Why do we need feature engineering?
Feature engineering is an important concept and a crucial step in any machine learning pipeline for many reasons, which we will learn in this lesson.
Why feature engineering?
At the beginning of any machine learning project, Raw data will always be messy and unsuited for training a model. Hence, data exploration and cleaning should always be the first thing to do before anything. It helps us visualize and explore our data to understand our dataset better to effectively change data types, remove or input missing values, and eliminate outliers or other features that are not useful for the model to learn. It also involves creating features from the data that represent the problem better. In the end, it all results in a high-performing model.

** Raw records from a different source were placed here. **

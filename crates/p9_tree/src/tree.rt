use sqlite_items::{Boxed, Items};

/// How many bits a load or store moves, and how a narrow one is widened.
#[derive(Clone, Copy, PartialEq, Eq, Debug, Drop)]
pub enum Width {
    S8,
    U8,
    S16,
    U16,
    W32,
}

/// `-`, `~` and `!`.
#[derive(Clone, Copy, PartialEq, Eq, Debug, Drop)]
pub enum UnOp {
    Neg,
    Com,
    Not,
}

/// Operators on two words; `U` marks the unsigned form.
#[derive(Clone, Copy, PartialEq, Eq, Debug, Drop)]
pub enum BinOp {
    Mul,
    Div,
    DivU,
    Rem,
    RemU,
    Add,
    Sub,
    Shl,
    Shr,
    ShrU,
    Lt,
    LtU,
    Gt,
    GtU,
    Le,
    LeU,
    Ge,
    GeU,
    Eq,
    Ne,
    And,
    Xor,
    Or,
}

/// An expression.
#[derive(Drop)]
pub enum TTree {
    Const(u32),
    /// The address of a symbol, moved by so many bytes.
    Addr(u32, u32),
    /// The address of the automatic with this number.
    Auto(u32),
    Load(Width, Boxed<TTree>),
    /// Address, value.
    Store(Width, Boxed<TTree>, Boxed<TTree>),
    /// `op=`: address, right side.
    Update(Width, BinOp, Boxed<TTree>, Boxed<TTree>),
    /// So many bytes, to an address, from one.
    Copy(u32, Boxed<TTree>, Boxed<TTree>),
    Un(UnOp, Boxed<TTree>),
    Bin(BinOp, Boxed<TTree>, Boxed<TTree>),
    /// The low bits of a word, widened.
    Conv(Width, Boxed<TTree>),
    Choose(Boxed<TTree>, Boxed<TTree>, Boxed<TTree>),
    /// `&&` where the flag is set, else `||`.
    Both(bool, Boxed<TTree>, Boxed<TTree>),
    /// `++` or `--`: the prefix form where the flag is set; what is added; the address.
    Step(Width, bool, u32, Boxed<TTree>),
    Seq(Boxed<TTree>, Boxed<TTree>),
    Call(Boxed<TTree>, Items<TTree>),
}

/// A statement.
#[derive(Drop)]
#[cycle(statement)]
pub enum TStmt {
    Nothing,
    Value(TTree),
    /// The automatics that are made when it is entered and die when it is left; its statements.
    Block(Items<u32>, Items<TStmt>),
    If(TTree, Boxed<TStmt>, Option<Boxed<TStmt>>),
    While(TTree, Boxed<TStmt>),
    DoWhile(Boxed<TStmt>, TTree),
    For(Option<TTree>, Option<TTree>, Option<TTree>, Boxed<TStmt>),
    Switch(TTree, Items<TArm>),
    Break,
    Continue,
    Return(Option<TTree>),
    Label(u32),
    Goto(u32),
}

/// A part of a `switch`.
#[derive(Drop)]
#[cycle(statement)]
pub enum TArm {
    Case(u32),
    Default,
    Stmt(TStmt),
}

Still, it is essential to understand that predictive analytics is not magic. Even though an algorithm’s learning phase is fundamental, it can only extract the meaning from the data you provide.
Algorithms do not have the luxury of intuition that humans have. Therefore, most of the time, the success of an algorithm depends on how you engineer the input features.
Course Sections
This course is divided into 12 parts or sections. We will first dive into the essence of feature engineering. The course sections are structured as follows:
- Feature Types: This part will present different types of variables such as continuous, discrete, and categorical variables (including nominal or ordinal), as well as time-date and mixed variables.
- Common Issues: In this part, we will explore many issues that occur in real-world datasets like missing data, variable distribution, data imputations, outliers, and more.
- Dealing with Missing Values: We will learn how to fill the missing data in your dataset using the most effective methods.
- Categorical Encoding: We will discuss in this part the different approaches to transform categorical variables to numerical variables using numbers—frequency encoding, one-hot encoding, and others.
- Feature Transformation: We will look at the mathematical transformations you can apply to improve the distribution of numerical variables, like logarithmic or reciprocal transformations.
- Variable Discretization: This part looks at the different techniques used to discretize variables, like equal width, equal-frequency, discrete decision using decision trees, clustering, and more.
- Dealing with Outliers: This part will show how to recognize outliers and eliminate them from your dataset.
- Feature Scaling: This part will cover various techniques to scale features, such as standardization, scaling to the minimum and maximum, scaling to the unit length of the vector, and more.
- Handling Time-Date and Mixed Variables: We will talk about several methods to generate new features from date, time, and mixed variables.
- Engineering Geospatial Features: In this part, we will see how to deal with geospatial features that are often represented as longitude and latitude.
- Resampling Imbalanced Datasets: This part will present the resampling technique used to solve an issue where the classes are not represented equally in a dataset.
- Advanced Feature Engineering: We will talk about advanced categorical encoding, advanced outlier detection, automated feature engineering, and more.
In each part of this course, we will practically learn many methods and techniques and explore their advantages, limitations, the assumptions that each method makes, and when you should consider applying each technique.